Zadłużeni czterdziestoletni
„24,3 mld zł – wynoszą zaległości pokolenia X z tytułu nieterminowego opłacania bieżących rachunków, rat kredytów i pożyczek" – podano w raporcie. Jak wskazano, przez 12 miesięcy do końca I kw. 2023 roku suma nieopłacanych zobowiązań tej grupy wiekowej wzrosła w największym stopniu na tle całego społeczeństwa – o ponad 9 proc. (2,1 mld zł). "Średnia kwota zaległości jest jednak o niemal 5 tys. zł niższa niż przed rokiem i wynosi 42,2 tys. zł” – czytamy.
Z kłopotami finansowymi zmaga się obecnie 11,4 proc. osób należących do pokolenia X, tj. 576,7 tys. osób – o 13,7 tys. więcej niż przed rokiem. "Choć 45-54 latkowie w społeczeństwie nie stanowią najbardziej licznej grupy wiekowej (...) to właśnie na nich przypada największa część wszystkich przeterminowanych zobowiązań, których na koniec marca br. jest już niemal 79,8 mld zł" – zauważyli autorzy opracowania.

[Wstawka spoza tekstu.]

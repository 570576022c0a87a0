//! The laws of plans, on which a scheduler relies. Each is the contract of a function that does nothing.
ghost use Rattle.std.specs.Prelude.{◌≡◌, ◌≢◌, ℕ, ◌<◌, ◌↔◌, None, Some};
ghost use Rattle.sp_order.specs.declared.node.Kind.TheVariants.{LeafNode};
ghost use Rattle.sp_order.specs.Precedence.{Tree, leaves, IsBefore};
ghost use Rattle.sp_order.specs.Plans.{Nodes, IsPlan, IsBySeries};
ghost use Rattle.sp_order.specs.PlanOf.{IsPlanOf};
ghost use Rattle.sp_order.specs.Preorder.{nodes_of};

/// A plan that stands for a tree has the local facts of `IsPlan`: node 0 alone has no parent, each side is named by its
/// parent and has the move of its place, and every node has a number below the count.
pub fn plan_has_sides()
    ensures { (plan : Nodes) (tree : Tree) → IsPlanOf plan tree → IsPlan plan }
{}

/// A plan that stands for a tree has a root: node 0 has a kind, and the count is not 0.
pub fn plan_has_root()
    ensures { (plan : Nodes) (tree : Tree) → IsPlanOf plan tree
        → (plan.kind 0 ≢ None) × (0 < plan.count) }
{}

/// In a plan that stands for a tree, a leaf is before another one if and only if some series has the first under its
/// left side and the second under its right side.
pub fn before_is_by_series()
    ensures { (plan : Nodes) (tree : Tree) → IsPlanOf plan tree → (u v : ℕ) → u < leaves tree → v < leaves tree → IsBefore (Some tree) u v ↔ IsBySeries plan (plan.node_of u) (plan.node_of v) }
{}

/// In a plan that stands for a tree, each leaf number has exactly one node, which is its `node_of`.
pub fn leaf_has_one_node()
    ensures { (plan : Nodes) (tree : Tree) → IsPlanOf plan tree → (leaf n : ℕ) → leaf < leaves tree → (plan.kind n ≡ Some (LeafNode leaf)) ↔ (n ≡ plan.node_of leaf) }
{}

/// The nodes of a tree in preorder are a plan that stands for the tree.
pub fn plan_stands_for_tree()
    ensures { (tree : Tree) → IsPlanOf (nodes_of tree) tree }
{}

Prezes BIG InfoMonitor Sławomir Grzelczak ocenił, że jedną z przyczyn, dla których osoby z omawianej kategorii wiekowej mają problemy finansowe, jest ich mentalność. „Cechą charakterystyczną generacji X, dorastającej w okresie przemian gospodarczych i wielkich niewiadomych, nazywanej też pokoleniem PRL, jest silna chęć posiadania. Osoby te często swój status określają poprzez pryzmat zgromadzonych dóbr, a to sprawia, że są bardziej skłonne do brania na siebie różnego rodzaju zobowiązań” – stwierdził Grzelczak.